TO DO:
Copy nothing from the entries below except the lines from the one containing "text.as_slice(), answer_to(rt.alloc(), given)?.as_slice());" through the one containing "several workers answer.", and copy those exactly.

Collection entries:
____________________

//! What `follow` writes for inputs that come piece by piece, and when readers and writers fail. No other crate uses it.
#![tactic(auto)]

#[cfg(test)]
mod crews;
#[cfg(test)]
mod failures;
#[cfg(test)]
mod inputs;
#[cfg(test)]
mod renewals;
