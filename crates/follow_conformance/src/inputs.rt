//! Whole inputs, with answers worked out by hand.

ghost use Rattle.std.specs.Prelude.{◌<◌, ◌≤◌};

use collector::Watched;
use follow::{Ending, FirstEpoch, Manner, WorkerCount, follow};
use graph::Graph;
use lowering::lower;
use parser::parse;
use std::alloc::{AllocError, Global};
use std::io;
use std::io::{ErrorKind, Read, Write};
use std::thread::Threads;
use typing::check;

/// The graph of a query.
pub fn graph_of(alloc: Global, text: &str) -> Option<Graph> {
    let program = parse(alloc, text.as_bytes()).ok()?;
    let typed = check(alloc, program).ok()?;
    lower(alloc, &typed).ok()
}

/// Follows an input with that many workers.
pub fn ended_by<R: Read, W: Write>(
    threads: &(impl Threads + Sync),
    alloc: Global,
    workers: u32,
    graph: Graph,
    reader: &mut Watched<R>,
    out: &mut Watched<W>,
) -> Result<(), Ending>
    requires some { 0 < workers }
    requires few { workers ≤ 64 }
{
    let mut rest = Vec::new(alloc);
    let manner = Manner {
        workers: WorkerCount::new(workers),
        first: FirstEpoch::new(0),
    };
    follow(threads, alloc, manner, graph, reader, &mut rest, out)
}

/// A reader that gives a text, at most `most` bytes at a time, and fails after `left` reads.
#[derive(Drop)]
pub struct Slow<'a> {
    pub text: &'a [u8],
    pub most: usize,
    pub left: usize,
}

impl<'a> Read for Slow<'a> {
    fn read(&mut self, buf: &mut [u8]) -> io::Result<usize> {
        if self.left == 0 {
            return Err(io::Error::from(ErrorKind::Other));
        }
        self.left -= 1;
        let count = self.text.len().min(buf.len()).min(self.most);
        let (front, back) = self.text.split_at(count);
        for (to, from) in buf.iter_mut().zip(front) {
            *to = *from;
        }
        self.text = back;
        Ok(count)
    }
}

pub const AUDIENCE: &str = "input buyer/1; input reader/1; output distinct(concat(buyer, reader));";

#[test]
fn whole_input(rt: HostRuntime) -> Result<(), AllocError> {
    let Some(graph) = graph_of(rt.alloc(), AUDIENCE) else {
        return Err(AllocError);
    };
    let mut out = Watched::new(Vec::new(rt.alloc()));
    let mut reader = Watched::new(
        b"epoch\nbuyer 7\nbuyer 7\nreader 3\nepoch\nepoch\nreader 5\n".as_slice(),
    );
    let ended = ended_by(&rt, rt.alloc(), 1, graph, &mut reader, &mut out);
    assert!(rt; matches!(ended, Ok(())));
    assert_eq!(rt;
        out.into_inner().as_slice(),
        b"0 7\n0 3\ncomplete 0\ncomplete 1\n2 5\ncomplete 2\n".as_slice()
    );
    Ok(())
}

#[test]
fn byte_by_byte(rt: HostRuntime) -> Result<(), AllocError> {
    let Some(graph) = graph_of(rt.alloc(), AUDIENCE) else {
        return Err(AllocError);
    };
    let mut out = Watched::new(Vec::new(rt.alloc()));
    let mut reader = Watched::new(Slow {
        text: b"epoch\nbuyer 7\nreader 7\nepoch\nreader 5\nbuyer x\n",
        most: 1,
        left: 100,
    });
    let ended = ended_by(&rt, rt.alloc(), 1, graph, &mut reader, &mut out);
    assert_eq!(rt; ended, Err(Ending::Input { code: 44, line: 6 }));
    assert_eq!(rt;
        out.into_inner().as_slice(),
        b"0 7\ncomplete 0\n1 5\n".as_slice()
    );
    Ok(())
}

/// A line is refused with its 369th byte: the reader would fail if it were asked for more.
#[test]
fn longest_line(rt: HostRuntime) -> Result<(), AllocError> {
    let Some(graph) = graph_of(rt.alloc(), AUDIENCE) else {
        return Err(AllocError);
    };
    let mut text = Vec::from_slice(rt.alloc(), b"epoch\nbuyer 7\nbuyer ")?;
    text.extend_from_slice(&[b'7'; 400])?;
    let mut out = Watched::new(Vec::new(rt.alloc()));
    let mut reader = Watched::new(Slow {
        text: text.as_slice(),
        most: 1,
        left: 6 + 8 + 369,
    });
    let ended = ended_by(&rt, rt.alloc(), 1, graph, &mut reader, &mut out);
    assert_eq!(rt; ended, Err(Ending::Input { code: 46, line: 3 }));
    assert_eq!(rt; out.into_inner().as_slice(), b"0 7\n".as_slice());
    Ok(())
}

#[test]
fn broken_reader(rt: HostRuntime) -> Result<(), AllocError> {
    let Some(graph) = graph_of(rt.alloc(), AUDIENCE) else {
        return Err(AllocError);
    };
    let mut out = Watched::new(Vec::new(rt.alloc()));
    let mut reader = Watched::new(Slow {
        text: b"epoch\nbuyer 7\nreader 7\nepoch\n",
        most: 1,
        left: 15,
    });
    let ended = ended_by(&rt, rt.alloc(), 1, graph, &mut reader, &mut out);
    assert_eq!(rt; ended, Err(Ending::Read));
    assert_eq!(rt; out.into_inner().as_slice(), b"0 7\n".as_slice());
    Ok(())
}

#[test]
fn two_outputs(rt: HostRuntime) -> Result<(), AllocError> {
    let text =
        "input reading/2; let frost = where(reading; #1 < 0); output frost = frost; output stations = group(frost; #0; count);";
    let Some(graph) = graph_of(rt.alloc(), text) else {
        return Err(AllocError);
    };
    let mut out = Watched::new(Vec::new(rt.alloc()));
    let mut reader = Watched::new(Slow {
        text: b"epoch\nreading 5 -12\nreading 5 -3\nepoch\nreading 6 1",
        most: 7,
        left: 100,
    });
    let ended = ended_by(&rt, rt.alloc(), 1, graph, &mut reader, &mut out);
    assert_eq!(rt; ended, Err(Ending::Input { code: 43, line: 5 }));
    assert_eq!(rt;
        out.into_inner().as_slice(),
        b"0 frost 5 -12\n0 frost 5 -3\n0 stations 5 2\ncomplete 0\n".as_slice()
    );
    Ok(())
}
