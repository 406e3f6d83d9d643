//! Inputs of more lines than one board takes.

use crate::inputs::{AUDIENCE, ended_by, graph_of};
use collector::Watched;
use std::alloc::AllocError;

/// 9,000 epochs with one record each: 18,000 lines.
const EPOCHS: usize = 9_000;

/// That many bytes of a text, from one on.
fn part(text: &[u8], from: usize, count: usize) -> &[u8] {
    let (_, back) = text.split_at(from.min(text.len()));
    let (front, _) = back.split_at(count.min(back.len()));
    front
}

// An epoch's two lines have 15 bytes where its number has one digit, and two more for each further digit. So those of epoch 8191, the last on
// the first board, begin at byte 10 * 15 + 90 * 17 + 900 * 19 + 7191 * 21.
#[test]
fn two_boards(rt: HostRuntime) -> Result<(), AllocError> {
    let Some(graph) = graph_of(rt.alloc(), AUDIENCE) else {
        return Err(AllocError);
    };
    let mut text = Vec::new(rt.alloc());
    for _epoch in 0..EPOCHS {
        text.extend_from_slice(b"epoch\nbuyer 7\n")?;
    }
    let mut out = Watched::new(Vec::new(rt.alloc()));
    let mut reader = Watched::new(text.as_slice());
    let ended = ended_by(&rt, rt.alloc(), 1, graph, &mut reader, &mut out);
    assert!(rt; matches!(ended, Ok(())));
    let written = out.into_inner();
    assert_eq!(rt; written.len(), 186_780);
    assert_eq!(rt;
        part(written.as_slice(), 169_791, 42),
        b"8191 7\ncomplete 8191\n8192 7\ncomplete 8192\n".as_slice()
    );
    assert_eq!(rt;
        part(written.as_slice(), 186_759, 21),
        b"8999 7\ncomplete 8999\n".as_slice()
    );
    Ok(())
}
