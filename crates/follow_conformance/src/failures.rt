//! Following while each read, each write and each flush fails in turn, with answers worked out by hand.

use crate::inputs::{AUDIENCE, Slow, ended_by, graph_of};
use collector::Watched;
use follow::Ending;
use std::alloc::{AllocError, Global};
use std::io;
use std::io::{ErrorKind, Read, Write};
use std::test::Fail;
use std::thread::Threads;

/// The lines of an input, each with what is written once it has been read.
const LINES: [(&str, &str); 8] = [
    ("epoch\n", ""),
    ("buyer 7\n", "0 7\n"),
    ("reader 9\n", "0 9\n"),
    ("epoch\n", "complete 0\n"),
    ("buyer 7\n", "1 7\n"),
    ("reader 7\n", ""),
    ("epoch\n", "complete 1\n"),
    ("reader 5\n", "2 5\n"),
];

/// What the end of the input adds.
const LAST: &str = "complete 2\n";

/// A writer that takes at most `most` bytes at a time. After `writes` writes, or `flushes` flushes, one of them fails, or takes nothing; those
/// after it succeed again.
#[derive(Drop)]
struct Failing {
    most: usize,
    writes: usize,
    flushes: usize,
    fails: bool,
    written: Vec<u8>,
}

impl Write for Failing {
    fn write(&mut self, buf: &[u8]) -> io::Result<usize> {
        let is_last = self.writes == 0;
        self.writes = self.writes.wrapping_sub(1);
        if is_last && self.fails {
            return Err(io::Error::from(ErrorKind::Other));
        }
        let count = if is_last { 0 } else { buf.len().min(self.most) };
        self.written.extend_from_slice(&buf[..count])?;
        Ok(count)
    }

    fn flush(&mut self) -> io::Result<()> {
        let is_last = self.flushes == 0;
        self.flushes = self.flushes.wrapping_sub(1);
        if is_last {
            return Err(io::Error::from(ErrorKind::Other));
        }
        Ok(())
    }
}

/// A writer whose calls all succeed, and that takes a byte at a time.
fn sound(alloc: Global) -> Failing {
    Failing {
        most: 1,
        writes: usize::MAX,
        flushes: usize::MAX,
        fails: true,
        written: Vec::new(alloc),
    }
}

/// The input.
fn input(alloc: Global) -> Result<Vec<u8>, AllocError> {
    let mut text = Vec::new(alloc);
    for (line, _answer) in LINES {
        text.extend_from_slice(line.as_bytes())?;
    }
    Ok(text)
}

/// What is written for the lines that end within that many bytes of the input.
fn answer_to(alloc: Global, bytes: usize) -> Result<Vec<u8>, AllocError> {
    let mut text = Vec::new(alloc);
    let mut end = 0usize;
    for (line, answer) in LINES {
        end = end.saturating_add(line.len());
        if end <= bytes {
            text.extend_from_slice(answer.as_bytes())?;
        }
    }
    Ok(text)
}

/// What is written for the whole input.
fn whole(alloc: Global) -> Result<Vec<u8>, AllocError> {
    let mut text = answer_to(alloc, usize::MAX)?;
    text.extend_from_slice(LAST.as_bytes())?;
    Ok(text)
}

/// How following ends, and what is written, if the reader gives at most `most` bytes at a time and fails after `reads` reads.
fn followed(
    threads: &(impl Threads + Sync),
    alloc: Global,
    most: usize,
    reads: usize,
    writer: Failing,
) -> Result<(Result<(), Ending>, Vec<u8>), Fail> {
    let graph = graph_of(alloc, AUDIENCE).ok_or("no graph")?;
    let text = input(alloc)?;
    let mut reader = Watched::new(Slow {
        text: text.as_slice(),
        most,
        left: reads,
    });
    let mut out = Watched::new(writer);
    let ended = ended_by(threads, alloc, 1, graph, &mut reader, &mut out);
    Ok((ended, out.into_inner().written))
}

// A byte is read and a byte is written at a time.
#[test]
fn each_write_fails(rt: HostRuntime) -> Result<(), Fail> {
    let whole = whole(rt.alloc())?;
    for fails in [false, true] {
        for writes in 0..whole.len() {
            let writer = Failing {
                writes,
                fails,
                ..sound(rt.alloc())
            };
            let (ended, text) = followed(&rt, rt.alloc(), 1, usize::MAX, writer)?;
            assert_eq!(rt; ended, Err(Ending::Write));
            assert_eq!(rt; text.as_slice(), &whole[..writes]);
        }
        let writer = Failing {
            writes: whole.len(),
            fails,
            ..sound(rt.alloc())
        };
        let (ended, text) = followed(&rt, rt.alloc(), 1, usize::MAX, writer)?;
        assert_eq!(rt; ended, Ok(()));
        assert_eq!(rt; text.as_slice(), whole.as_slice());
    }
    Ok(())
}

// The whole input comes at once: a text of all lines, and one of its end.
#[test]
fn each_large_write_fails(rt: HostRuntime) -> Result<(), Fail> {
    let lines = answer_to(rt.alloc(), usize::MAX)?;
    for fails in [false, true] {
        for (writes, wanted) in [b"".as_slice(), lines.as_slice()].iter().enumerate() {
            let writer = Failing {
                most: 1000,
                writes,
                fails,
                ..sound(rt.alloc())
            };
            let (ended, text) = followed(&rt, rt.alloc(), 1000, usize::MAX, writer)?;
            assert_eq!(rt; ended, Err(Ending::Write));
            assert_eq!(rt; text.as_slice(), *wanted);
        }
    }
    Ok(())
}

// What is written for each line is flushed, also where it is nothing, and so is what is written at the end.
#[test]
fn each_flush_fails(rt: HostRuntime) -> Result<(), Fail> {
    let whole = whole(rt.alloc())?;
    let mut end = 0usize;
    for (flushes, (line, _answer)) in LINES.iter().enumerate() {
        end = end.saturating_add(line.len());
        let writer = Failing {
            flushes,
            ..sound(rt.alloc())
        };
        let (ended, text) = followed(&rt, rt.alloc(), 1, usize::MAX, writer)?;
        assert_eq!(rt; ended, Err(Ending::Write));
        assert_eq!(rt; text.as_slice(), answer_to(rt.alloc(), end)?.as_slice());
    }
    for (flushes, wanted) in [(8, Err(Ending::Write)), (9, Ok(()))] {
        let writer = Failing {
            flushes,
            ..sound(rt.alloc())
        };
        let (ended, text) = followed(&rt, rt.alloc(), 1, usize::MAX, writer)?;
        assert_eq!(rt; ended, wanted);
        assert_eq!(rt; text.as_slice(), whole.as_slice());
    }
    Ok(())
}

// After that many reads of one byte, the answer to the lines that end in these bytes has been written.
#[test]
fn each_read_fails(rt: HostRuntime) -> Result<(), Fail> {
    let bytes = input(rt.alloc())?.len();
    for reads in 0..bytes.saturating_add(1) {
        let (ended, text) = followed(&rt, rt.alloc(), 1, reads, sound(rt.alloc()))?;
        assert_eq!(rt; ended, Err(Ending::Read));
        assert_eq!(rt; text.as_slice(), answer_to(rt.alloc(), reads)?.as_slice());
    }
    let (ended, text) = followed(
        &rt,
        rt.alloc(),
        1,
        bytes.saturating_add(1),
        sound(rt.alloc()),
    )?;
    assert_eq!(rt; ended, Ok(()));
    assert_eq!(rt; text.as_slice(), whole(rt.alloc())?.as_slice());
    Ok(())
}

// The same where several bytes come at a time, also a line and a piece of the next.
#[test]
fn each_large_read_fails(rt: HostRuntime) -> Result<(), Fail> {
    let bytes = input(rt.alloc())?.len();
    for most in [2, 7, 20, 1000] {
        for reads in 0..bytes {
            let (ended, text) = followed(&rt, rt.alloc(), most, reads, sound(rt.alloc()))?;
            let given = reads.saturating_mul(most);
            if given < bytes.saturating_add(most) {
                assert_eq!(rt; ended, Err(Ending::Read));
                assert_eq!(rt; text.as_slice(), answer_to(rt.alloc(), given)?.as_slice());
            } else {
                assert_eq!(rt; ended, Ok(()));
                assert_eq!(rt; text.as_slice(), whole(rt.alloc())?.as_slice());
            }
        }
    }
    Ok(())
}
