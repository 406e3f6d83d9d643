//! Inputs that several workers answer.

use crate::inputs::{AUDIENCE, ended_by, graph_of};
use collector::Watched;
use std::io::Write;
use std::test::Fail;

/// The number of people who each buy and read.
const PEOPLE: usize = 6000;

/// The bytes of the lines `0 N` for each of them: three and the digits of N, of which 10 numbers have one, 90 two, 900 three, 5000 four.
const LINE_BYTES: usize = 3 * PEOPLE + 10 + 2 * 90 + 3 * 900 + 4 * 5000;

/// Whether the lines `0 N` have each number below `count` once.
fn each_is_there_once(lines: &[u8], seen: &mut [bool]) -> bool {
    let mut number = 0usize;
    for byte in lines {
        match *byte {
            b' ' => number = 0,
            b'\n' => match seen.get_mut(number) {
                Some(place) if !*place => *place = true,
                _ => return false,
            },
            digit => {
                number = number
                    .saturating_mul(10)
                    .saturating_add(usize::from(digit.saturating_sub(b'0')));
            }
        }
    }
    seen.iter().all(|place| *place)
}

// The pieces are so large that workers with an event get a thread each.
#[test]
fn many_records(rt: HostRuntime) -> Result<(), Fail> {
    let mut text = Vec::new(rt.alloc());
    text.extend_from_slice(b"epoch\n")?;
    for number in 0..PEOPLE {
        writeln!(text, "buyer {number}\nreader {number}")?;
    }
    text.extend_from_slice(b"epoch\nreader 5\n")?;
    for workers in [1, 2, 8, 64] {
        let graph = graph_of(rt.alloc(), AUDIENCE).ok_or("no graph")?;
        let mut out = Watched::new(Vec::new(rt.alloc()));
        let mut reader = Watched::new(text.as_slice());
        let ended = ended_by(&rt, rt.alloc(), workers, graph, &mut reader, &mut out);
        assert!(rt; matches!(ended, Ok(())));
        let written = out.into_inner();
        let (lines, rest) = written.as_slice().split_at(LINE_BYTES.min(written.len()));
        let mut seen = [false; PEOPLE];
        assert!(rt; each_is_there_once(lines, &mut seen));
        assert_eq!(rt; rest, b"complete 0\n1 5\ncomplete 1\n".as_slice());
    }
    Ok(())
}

____________________

ANSWER TO THE PROBLEM:
                assert_eq!(rt; text.as_slice(), answer_to(rt.alloc(), given)?.as_slice());
            } else {
                assert_eq!(rt; ended, Ok(()));
                assert_eq!(rt; text.as_slice(), whole(rt.alloc())?.as_slice());
            }
        }
    }
    Ok(())
}
repository 406e3f6d83d9d643
//! Inputs that several workers answer.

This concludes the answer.